To SIP or not to SIP
SIP trunking is becoming the telephony protocol du jour in call centers. But is SIP trunking worth the integration headaches?
We’ve discussed the basic differences between SIP and TDM before. Briefly, SIP is a protocol for controlling and directing communications, including voice, video and data, over IP (Internet Protocol). The advantages include the ability to deliver high-definition video and related call data along with call audio over a single pipe as well as an inherent flexibilty and cost savings.
But is SIP all it’s cracked up to be? In a recent report, we believe that Forrester principal analyst Art Schoeller gave SIP trunking a qualified “yes” under the title SIP Trunking May Save You Money (Forrester Research, Inc., August 2011). Because let’s face it: upgrading call center infrastructure is a lofty undertaking, and most organizations won’t do so without substantial proven benefits, which must include cost savings.
So why migrate to SIP?
The report cites the following:
- SIP trunking will displace T1 and primary rate interface (PRI)

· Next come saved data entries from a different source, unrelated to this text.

// The table of edits that stand, and the bytes that they leave.
ghost use Rattle.std.specs.Prelude.{◌≡◌, ◌≤◌, List, [], length, drop, slice_get};
ghost use Rattle.awd_source.specs.Bytes.{byte_at};
ghost use Rattle.awd_edits.specs.declared.edit.Edit.{Edit};
ghost use Rattle.awd_edits.specs.Overlay.{overlay};
ghost use Rattle.awd_edits.specs.Table.{added};

use crate::edit::Edit;
use arrayvec::ArrayVec;
use awd_places::{LaidBytes, MAX_LAID};
use awd_source::Source;
use std::marker::Model;

pub const MAX_EDITS: usize = 256;

// an edit lays 8 bytes at most
const _: () = prove!(8 * MAX_EDITS <= MAX_LAID);

// Edits in the order in which they were made, at most 256. They stand for the list of them with the latest first.
#[derive(Drop)]
pub struct Edits {
    standing: ArrayVec<Edit, MAX_EDITS>,
    // the bytes of all of them, to find the one that shows at a place
    bytes: LaidBytes,
}

impl Model for Edits {
    ghost use Rattle.std.specs.Prelude.{◌≡◌, List, reverse};
    ghost use Rattle.awd_edits.specs.declared.edit.Edit.{Edit};
    ghost use Rattle.awd_edits.specs.Spots.{spots, FewEach};

    ghost Value = { List Edit };

    ghost view = { λ x. reverse x.standing.items };

    ghost invariant = { λ x. (x.bytes ≡ spots (reverse x.standing.items)) × FewEach (reverse x.standing.items) };
}

impl Edits {
    // No edits.
    pub fn new() -> Edits
        ensures { result ≡ [] }
    {
        Edits {
            standing: ArrayVec::new(),
            bytes: LaidBytes::new(),
        }
    }

    pub fn count(&self) -> u64
        ensures value { result ≡ length self.now }
        ensures fits { result ≤ 256 }
    {
        self.standing.len() as u64
    }

    // One edit more; a full table stays as it is.
    pub fn add(&mut self, edit: Edit)
        ensures { self.new ≡ added self.old edit }
    {
        if self.standing.try_push(edit).is_ok() {
            edit.lay_over(&mut self.bytes);
        }
    }

    // The latest edit.
    pub fn last(&self) -> Option<Edit>
        ensures { result ≡ slice_get self.now 0 }
    {
        self.standing.last().copied()
    }

    // Takes the latest edit away, if one stands.
    pub fn undo(&mut self)
        ensures { self.new ≡ drop 1 self.old }
    {
        if let Some(edit) = self.standing.pop() {
            edit.take_off(&mut self.bytes);
        }
    }

    // The byte at a place of a source under these edits, or none at or beyond the length. The one that shows is found by its place; the edits
    // are not gone through.
    #[tactic(auto, using(crate::proofs::Latest::byte_over, crate::proofs::Spots::found_latest))]
    pub fn byte<S: Source>(&self, below: &S, at: u64) -> Option<u8>
        ensures { result ≡ byte_at (overlay (S.bytes below.now) self.now) at }
    {
        let old = below.byte(at)?;
        Some(self.bytes.find(at).unwrap_or(old))
    }
}
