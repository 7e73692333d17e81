// A source under edits, as a source of its own.
ghost use Rattle.awd_edits.specs.Overlay.{overlay};

use crate::table::Edits;
use awd_source::Source;

// A source and the edits over it, both only lent.
#[derive(Drop)]
pub struct Over<'a, S: Source> {
    below: &'a S,
    edits: &'a Edits,
}

impl<'a, S: Source> Over<'a, S> {
    ghost use Rattle.std.specs.Prelude.{◌≡◌};

    pub fn new(below: &'a S, edits: &'a Edits) -> Over<'a, S>
        ensures { (result.below ≡ below.entry) × (result.edits ≡ edits.entry) }
    {
        Over { below, edits }
    }
}

impl<'a, S: Source> Source for Over<'a, S> {
    ghost bytes = { λ o. overlay (S.bytes o.below.now) o.edits.now };

    #[tactic(auto, using(crate::proofs::Lays::length_overlay))]
    fn length(&self) -> u64 {
        self.below.length()
    }

    fn byte(&self, at: u64) -> Option<u8> {
        self.edits.byte(self.below, at)
    }
}
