// Edits: bytes laid over a source's. A table keeps those that stand, in their order, and tells the byte that they leave at a place.
// This crate knows nothing of blocks or sessions.
#![tactic(auto)]

mod edit;
mod laws;
mod over;
mod table;

pub use edit::{Edit, Field, Laid};
pub use laws::overlay_laws;
pub use over::Over;
pub use table::{Edits, MAX_EDITS};
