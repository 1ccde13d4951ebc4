ghost use Rattle.std.specs.Prelude.{◌≡◌, ◌&&◌, length};
ghost use Rattle.four_state.specs.Operators.{matches};
ghost use Rattle.known_state.specs.Partly.{filled};
ghost use Rattle.known_state.specs.Maybe.{Matches};

use crate::{Known, Maybe};
use four_state::{Bit, CaseKind, Four};

/// Whether a label matches for 0 with 0, for 1 with 1 and for 0 with 1 at the bits that are not sure.
fn always_matches(kind: CaseKind, a: &Known, b: &Known) -> bool
    requires { length a.now.bits ≡ length b.now.bits }
    ensures { result ≡ (matches kind (filled Bit.Zero a.now.bits) (filled Bit.Zero b.now.bits) && (matches kind (filled Bit.One a.now.bits) (filled Bit.One b.now.bits) && matches kind (filled Bit.Zero a.now.bits) (filled Bit.One b.now.bits))) }
{
    let low = a.filled(Bit::Zero);
    let ones = b.filled(Bit::One);
    Four::label(kind, &low, &b.filled(Bit::Zero))
        && Four::label(kind, &a.filled(Bit::One), &ones)
        && Four::label(kind, &low, &ones)
}

impl Known {
    /// Whether a label of a case statement matches its selector (IEEE 1364-2001, clause 9.5.1). It is unsure exactly
    /// where two pairs of allowed values differ in that.
    pub fn label(kind: CaseKind, a: &Known, b: &Known) -> Maybe
        requires { length a.now.bits ≡ length b.now.bits }
        ensures { Matches kind a.now b.now result }
    {
        let (left, right) = (a.value(), b.value());
        if !Four::label(kind, &a.filled_from(&right), &b.filled_from(&left)) {
            Maybe::No
        } else if always_matches(kind, a, b) {
            Maybe::Yes
        } else {
            Maybe::Unsure(Known::first_blame(a, b))
        }
    }
}
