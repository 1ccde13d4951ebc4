ghost use Rattle.std.specs.Prelude.{◌≡◌, length, IsTrue};
ghost use Rattle.four_state.specs.Vector.{Vector};
ghost use Rattle.known_state.specs.Partly.{allows, with_blame};
ghost use Rattle.known_state.specs.Agreed.{sure as sure_list};
ghost use Rattle.known_state.specs.Join.{joined, first_blame as first_to_blame};

use crate::Known;
use four_state::Four;

impl Known {
    /// What two vectors of equal widths have in common, with the sign of the first: sure where both are sure and
    /// agree. So all that one of them allows is allowed. The blame is for what is not sure then.
    pub fn join(&self, other: &Known, blame: u32) -> Known
        requires { length self.now.bits ≡ length other.now.bits }
        ensures value { result ≡ with_blame (joined self.now.bits other.now.bits) self.now.signed blame }
        ensures left { (v : Vector) → IsTrue (allows self.now v) → IsTrue (allows result v) }
        ensures right { self.now.signed ≡ other.now.signed → (v : Vector) → IsTrue (allows other.now v) → IsTrue (allows result v) }
    {
        let (a, b) = (self.value(), other.value());
        let different = (a.ones() ^ b.ones()) | (a.strange() ^ b.strange());
        Known::kept(&a, self.sure() & other.sure() & !different, blame)
    }

    /// What a vector has in common with one that is whole.
    pub(crate) fn narrowed(&self, other: Four, blame: u32) -> Known
        requires { length self.now.bits ≡ length other.bits }
        ensures { result ≡ with_blame (joined self.now.bits (sure_list other.bits)) self.now.signed blame }
    {
        self.join(&Known::whole(other), blame)
    }

    /// The blame of the first of two vectors that is not whole.
    pub(crate) fn first_blame(a: &Known, b: &Known) -> u32
        ensures { result ≡ first_to_blame a.now b.now }
    {
        if a.is_whole() { b.blame() } else { a.blame() }
    }
}
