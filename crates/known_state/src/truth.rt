//! Tests of a vector of which not all bits are sure.

ghost use Rattle.std.specs.Prelude.{◌≡◌, not, length};
ghost use Rattle.known_state.specs.Partly.{allows_bits};
ghost use Rattle.known_state.specs.Maybe.{IsTruthOf, Holds};

use crate::{Known, KnownTruth, Maybe};
use four_state::{CaseKind, Four, Truth};

impl Known {
    /// What the vector says as a condition (IEEE 1364-2001, clause 9.4). It is unsure only where two allowed values
    /// differ in that.
    pub fn truth(&self) -> KnownTruth
        ensures { IsTruthOf self.now result }
    {
        match self.value().truth() {
            Truth::True => KnownTruth::Sure(Truth::True),
            truth if self.is_whole() => KnownTruth::Sure(truth),
            _ => KnownTruth::Unsure(self.blame()),
        }
    }

    /// Whether the vector is true as a condition.
    pub fn holds(&self) -> Maybe
        ensures { Holds self.now result }
    {
        match self.truth() {
            KnownTruth::Sure(Truth::True) => Maybe::Yes,
            KnownTruth::Sure(Truth::False | Truth::Strange) => Maybe::No,
            KnownTruth::Unsure(thing) => Maybe::Unsure(thing),
        }
    }

    /// Whether a value of the same width differs in a bit that is sure.
    pub fn differs(&self, value: &Four) -> bool
        requires { length self.now.bits ≡ length value.now.bits }
        ensures { result ≡ not (allows_bits self.now.bits value.now.bits) }
    {
        !Four::label(CaseKind::Exact, &self.filled_from(value), value)
    }
}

- The cost savings for enterprises can range from 25% to 35%
over traditional T1 and PRI access.
- Over time, SIP-based signaling and VoIP will ultimately
replace circuit switched technology for carrier access.
- SIP signaling occurs over trunked lines, which is critical for future advanced signaling operations such as high-definition video and audio.
That being said, Forrester reports that the American rate of SIP adoption is relatively low, with forty-three percent of enterprises reporting they are not interested or have no specific plans to deploy SIP.
So what’s the holdup?
- Packetized voice quality. SIP trunking packetizes voice using the G.711 or G.729 codecs, and this can affect speech recognition and other applications that depend on voice quality to operate effectively.
- Interoperability. Carriers may or may not effectively manage the interoperability between their networks and others.
- Lack of carrier response.
From the report: “Forrester has observed that enterprises wanting to move to SIP trunking have found
their incumbent service providers were slow to respond and provided less aggressive pricing.This is understandable because SIP trunks cannibalize their existing T1 and PRI revenue and
Conclusion and quick tips
In spite of the challenges, the report still concludes “SIP trunking provides a good business case despite the risks that we document above.” Additional advice for those considering the move to SIP is to be assured of geographically diverse failover and alternate routing to mitigate the downtime risk and to avoid unnecessary compression on a single pipe. A few additional tips:
- Session Border Controllers are absolutely a necessity as a known service control point to manage traffic. Never skip the SBC.
- Mid-call codec switching can help with voice compression issues. Use high-quality, lower-compression codec for the IVR portion of the call to maximize speech recognition, which requires higher voice quality. Then switch to the lower codec mid-call for the agent transfer.
- The “final mile” issue. The “final mile” refers to the final leg of the voice journey, which is into the at-home agent’s home. Because bandwidth to individual homes will always fluctuate, try individual testing and be prepared to switch back to TDM if SIP doesn’t provide adequate results.